Description of the task:
For each line below that contains the word "where", make a copy.

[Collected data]
*-*-*
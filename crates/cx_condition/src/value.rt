//! Values of 64 bits, signed or unsigned.
ghost use Rattle.std.specs.Prelude.{◌≡◌};
ghost use Rattle.cx_condition.specs.Values.{value_of};

/// A value: 64 bits in two's complement, of a signed or an unsigned type (C11 6.10.1, paragraph 4:
/// all types act as `intmax_t` and `uintmax_t`).
#[derive(Clone, Copy, Debug, PartialEq, Eq)]
pub struct Value {
    pub is_unsigned: bool,
    pub bits: u64,
}

/// What an expression is evaluated to: its type, and its bits, or `None` where an evaluated
/// division or remainder is by zero.
#[derive(Clone, Copy, Debug, PartialEq, Eq)]
pub struct Operand {
    pub is_unsigned: bool,
    pub bits: Option<u64>,
}

/// The value of an operand.
pub fn operand_value(operand: Operand) -> Option<Value>
    ensures { result ≡ value_of operand }
{
    Some(Value {
        is_unsigned: operand.is_unsigned,
        bits: operand.bits?,
    })
}
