//! What stands before an operand that is being read.
ghost use Rattle.std.specs.Prelude.{◌≡◌, ℕ, ◌<◌, [], ◌∷◌, length, MatchOption, IfSome, OnOk, IsTrue, ◌↔◌};
ghost use Rattle.cx_condition.specs.declared.value.Operand.{Operand as operand_type};
ghost use Rattle.cx_condition.specs.Shapes.Machine.{applied, binds, made, newest, released, settled};

use crate::arithmetic::{binary, choice, unary};
use crate::operator::{Operator, Unary};
use crate::value::Operand;
use cx_base::NoMemory;
use std::alloc::Global;
use std::marker::Model;

/// What waits for an operand.
#[derive(Clone, Copy)]
pub enum Frame {
    /// An operator on it alone.
    Unary(Unary),
    /// An operator on it and the operand before.
    Binary(Operator, Operand),
    /// `(`
    Open,
    /// A condition and its `?`.
    Question(Operand),
    /// A condition, its `?`, what stands behind that, and its `:`.
    Colon(Operand, Operand),
}

impl Frame {
    /// How loosely it binds.
    #[tactic(auto, unfolding(crate::specs::Shapes::Machine::binds))]
    fn binds(self) -> u8
        ensures { result ≡ binds self }
    {
        match self {
            Frame::Unary(_) => 1,
            Frame::Binary(operator, _) => operator.level(),
            Frame::Open | Frame::Question(_) => 13,
            Frame::Colon(_, _) => 12,
        }
    }

    /// What it makes of its operand.
    #[tactic(auto, unfolding(crate::specs::Shapes::Machine::applied))]
    fn applied(self, operand: Operand) -> Operand
        ensures { result ≡ applied self operand }
    {
        match self {
            Frame::Unary(operator) => unary(operator, operand),
            Frame::Binary(operator, left) => binary(operator, left, operand),
            Frame::Open | Frame::Question(_) => operand,
            Frame::Colon(condition, first) => choice(condition, first, operand),
        }
    }
}

/// The frames that wait, which contracts see as a list, the newest first.
#[derive(Drop)]
pub struct Frames {
    // The newest last.
    frames: Vec<Frame>,
}

impl Model for Frames {
    ghost use Rattle.std.specs.Prelude.{List, reverse};
    ghost use Rattle.cx_condition.specs.declared.frame.Frame.{Frame as frame};

    ghost Value = { List frame };

    ghost view = { λ l. reverse l.frames.items };
}

impl Frames {
    pub fn new(alloc: Global) -> Frames
        ensures { result ≡ [] }
    {
        Frames {
            frames: Vec::new(alloc),
        }
    }

    pub fn is_empty(&self) -> bool
        ensures { IsTrue result ↔ (self.now ≡ []) }
    {
        self.frames.is_empty()
    }

    #[tactic(auto, using(crate::proofs::FrameLaws::pushed))]
    pub fn push(&mut self, frame: Frame) -> Result<(), NoMemory>
        ensures { OnOk result (self.new ≡ frame ∷ self.old) }
    {
        self.frames.push(frame)?;
        Ok(())
    }

    /// Takes the newest frame away.
    pub fn pop(&mut self) -> Option<Frame>
        ensures { MatchOption result ((self.old ≡ []) × (self.new ≡ [])) (λ f. self.old
            ≡ f ∷ self.new) }
    {
        self.frames.pop()
    }

    fn newest(&self) -> Option<Frame>
        ensures { result ≡ newest self.now }
    {
        self.frames.last().copied()
    }

    /// Takes the newest frame away if it binds no more loosely than this.
    pub fn pop_within(&mut self, reach: u8) -> Option<Frame>
        ensures frames { (v : operand_type) → settled reach self.old v
            ≡ released result reach self.new v }
        ensures shorter { IfSome result (λ _. length self.new < length self.old) }
    {
        let frame = self.newest()?;
        if frame.binds() > reach {
            return None;
        }
        self.pop()
    }

    /// Gives an operand to the frames that bind no more loosely than this.
    pub fn settle(&mut self, reach: u8, operand: Operand) -> Operand
        ensures { settled reach self.old operand ≡ made self.new result }
    {
        let mut operand = operand;
        while let Some(frame) = self.pop_within(reach) {
            operand = frame.applied(operand);
        }
        operand
    }
}
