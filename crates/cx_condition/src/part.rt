//! The parts of a condition.
ghost use Rattle.std.specs.Prelude.{◌≡◌, [], ◌∷◌, ◌++◌, ◌<◌, ◌^◌, ◌||◌, nat_lt, MatchOption, IfOk, false};
ghost use Rattle.cx_condition.specs.Shapes.NextPart.{NextIs};
ghost use Rattle.std.specs.Int.{cast_signed, w8};
ghost use Rattle.cx_condition.specs.Parts.{begins_joined_char, char_part, constant, double_sign, is_char, is_name, is_prefix, is_prefix_text, number_part, part_of, parts_behind, sign_part, single_sign, wide_part};
ghost use Rattle.cx_condition.specs.Values.{bits_of};

use crate::bytes::first;
use crate::character::character_value;
use crate::integer::integer_constant;
use crate::operator::Operator;
use crate::value::Value;
use cx_base::NoMemory;
use cx_tokens::{Kind, Token};
use std::alloc::Global;

/// A part of a condition: a constant or a punctuator (C11 6.10.1).
#[derive(Clone, Copy)]
pub enum Part {
    /// A constant, or a name that is left, which counts as 0.
    Constant(Value),
    /// An operator on two operands; `+` and `-` also stand before one.
    Operator(Operator),
    /// `~`
    Complement,
    /// `!`
    Not,
    /// `?`
    Question,
    /// `:`
    Colon,
    /// `(`
    Open,
    /// `)`
    Close,
    /// What stands in no condition.
    Other,
}

fn constant(is_unsigned: bool, bits: u64) -> Part
    ensures { result ≡ constant is_unsigned bits }
{
    Part::Constant(Value { is_unsigned, bits })
}

// The greatest value of the signed type.
const GREATEST: u64 = 9_223_372_036_854_775_807;

fn is_beyond_signed(is_unsigned: bool, value: u64) -> bool
    ensures { result ≡ (is_unsigned || nat_lt 9223372036854775807 value) }
{
    is_unsigned || value > GREATEST
}

#[tactic(auto, unfolding(crate::specs::Parts::number_part))]
fn number_part(text: &[u8]) -> Part
    ensures { result ≡ number_part text.now }
{
    let Some(number) = integer_constant(text) else {
        return Part::Other;
    };
    constant(
        is_beyond_signed(number.is_unsigned, number.value),
        number.value,
    )
}

// The bits of a byte as a signed char.
#[tactic(auto, using(crate::proofs::BitLaws::char_low, crate::proofs::BitLaws::char_high))]
fn signed_char(byte: u8) -> u64
    ensures { result ≡ bits_of (cast_signed w8 byte) }
{
    if byte < 128 {
        return u64::from(byte);
    }
    u64::from(byte) + 18_446_744_073_709_551_360
}

#[tactic(auto, unfolding(crate::specs::Parts::char_part))]
fn char_part(text: &[u8]) -> Part
    ensures { result ≡ char_part text.now }
{
    let Some(byte) = character_value(text) else {
        return Part::Other;
    };
    constant(false, signed_char(byte))
}

#[tactic(auto, unfolding(crate::specs::Parts::wide_part))]
fn wide_part(text: &[u8]) -> Part
    ensures { result ≡ wide_part text.now }
{
    let Some(byte) = character_value(text) else {
        return Part::Other;
    };
    if byte < 128 {
        return constant(false, u64::from(byte));
    }
    Part::Other
}

#[tactic(auto, unfolding(crate::specs::Parts::single_sign))]
fn single_sign(byte: u8) -> Part
    ensures { result ≡ single_sign byte }
{
    match byte {
        b'*' => Part::Operator(Operator::Multiply),
        b'/' => Part::Operator(Operator::Divide),
        b'%' => Part::Operator(Operator::Remainder),
        b'+' => Part::Operator(Operator::Add),
        b'-' => Part::Operator(Operator::Subtract),
        b'<' => Part::Operator(Operator::Less),
        b'>' => Part::Operator(Operator::Greater),
        b'&' => Part::Operator(Operator::And),
        b'^' => Part::Operator(Operator::ExclusiveOr),
        b'|' => Part::Operator(Operator::Or),
        b'~' => Part::Complement,
        b'!' => Part::Not,
        b'?' => Part::Question,
        b':' => Part::Colon,
        b'(' => Part::Open,
        b')' => Part::Close,
        _ => Part::Other,
    }
}

#[tactic(auto, unfolding(crate::specs::Parts::double_sign))]
fn double_sign(a: u8, b: u8) -> Part
    ensures { result ≡ double_sign a b }
{
    match (a, b) {
        (b'<', b'<') => Part::Operator(Operator::ShiftLeft),
        (b'>', b'>') => Part::Operator(Operator::ShiftRight),
        (b'<', b'=') => Part::Operator(Operator::AtMost),
        (b'>', b'=') => Part::Operator(Operator::AtLeast),
        (b'=', b'=') => Part::Operator(Operator::Equal),
        (b'!', b'=') => Part::Operator(Operator::Different),
        (b'&', b'&') => Part::Operator(Operator::LogicalAnd),
        (b'|', b'|') => Part::Operator(Operator::LogicalOr),
        _ => Part::Other,
    }
}

#[tactic(auto, unfolding(crate::specs::Parts::sign_part))]
fn sign_part(text: &[u8]) -> Part
    ensures { result ≡ sign_part text.now }
{
    let Some((a, more)) = first(text) else {
        return Part::Other;
    };
    let Some((b, rest)) = first(more) else {
        return single_sign(a);
    };
    if !rest.is_empty() {
        return Part::Other;
    }
    double_sign(a, b)
}

#[tactic(auto, unfolding(crate::specs::Parts::part_of))]
fn part_of(kind: Kind, text: &[u8]) -> Part
    ensures { result ≡ part_of kind text.now }
{
    match kind {
        Kind::Number => number_part(text),
        Kind::Char => char_part(text),
        Kind::Name => constant(false, 0),
        Kind::Punct => sign_part(text),
        _ => Part::Other,
    }
}

#[tactic(auto, unfolding(crate::specs::Parts::is_prefix_text))]
fn is_prefix_text(text: &[u8]) -> bool
    ensures { result ≡ is_prefix_text text.now }
{
    let Some((letter, rest)) = first(text) else {
        return false;
    };
    if !rest.is_empty() {
        return false;
    }
    letter == b'L' || letter == b'u' || letter == b'U'
}

// The first token, and the tokens after it.
fn first_token<'a>(tokens: &'a [Token]) -> Option<(&'a Token, &'a [Token])>
    ensures { MatchOption result (tokens.now ≡ []) (λ x. tokens.now ≡ x.0.now ∷ x.1.now) }
{
    match tokens {
        [] => None,
        [token, rest @ ..] => Some((token, rest)),
    }
}

#[tactic(auto, unfolding(crate::specs::Parts::begins_joined_char))]
fn begins_joined_char(tokens: &[Token]) -> bool
    ensures { result ≡ begins_joined_char tokens.now }
{
    let Some((token, _)) = first_token(tokens) else {
        return false;
    };
    token.kind == Kind::Char && !token.space
}

#[tactic(auto, unfolding(crate::specs::Parts::is_prefix))]
fn is_prefix(token: &Token, rest: &[Token]) -> bool
    ensures { result ≡ is_prefix token.now rest.now }
{
    token.kind == Kind::Name && is_prefix_text(token.text.as_slice()) && begins_joined_char(rest)
}

// The part of a token, or `None` where it is a prefix.
#[tactic(auto, using(crate::proofs::PartLaws::parts_wide, crate::proofs::PartLaws::parts_prefix, crate::proofs::PartLaws::parts_alone))]
fn next_part(prefixed: bool, token: &Token, rest: &[Token]) -> Option<Part>
    ensures { NextIs prefixed token.now rest.now result }
{
    if prefixed {
        return Some(wide_part(token.text.as_slice()));
    }
    if is_prefix(token, rest) {
        return None;
    }
    Some(part_of(token.kind, token.text.as_slice()))
}

/// The parts of tokens.
pub fn parts_of(alloc: Global, tokens: &[Token]) -> Result<Vec<Part>, NoMemory>
    ensures { IfOk result (λ parts. parts.items ≡ parts_behind false tokens.now) }
{
    let mut parts = Vec::new(alloc);
    let mut prefixed = false;
    let mut rest = tokens;
    while let Some((token, more)) = first_token(rest) {
        match next_part(prefixed, token, more) {
            None => prefixed = true,
            Some(part) => {
                parts.push(part)?;
                prefixed = false;
            }
        }
        rest = more;
    }
    Ok(parts)
}
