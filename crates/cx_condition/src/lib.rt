//! The value of the condition of `#if` and `#elif` (ISO/IEC 9899:2011, 6.10.1), and integer and
//! character constants.
#![tactic(auto)]

pub use character::character_value;
pub use condition::value_of;
pub use digits::Base;
pub use integer::{IntegerConstant, Length, integer_constant};
pub use laws::{
    a_number_is_its_constant, bits_are_of_their_range, choices_have_the_common_type, one_reading,
    skipped_sides_are_left_out,
};
pub use value::Value;

mod arithmetic;
mod bytes;
mod character;
mod condition;
mod digits;
mod frame;
mod integer;
mod laws;
mod operator;
mod part;
#[cfg(test)]
mod tests;
mod value;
*-*-*
Answer for the task:
/// What an expression is evaluated to: its type, and its bits, or `None` where an evaluated
// The part of a token, or `None` where it is a prefix.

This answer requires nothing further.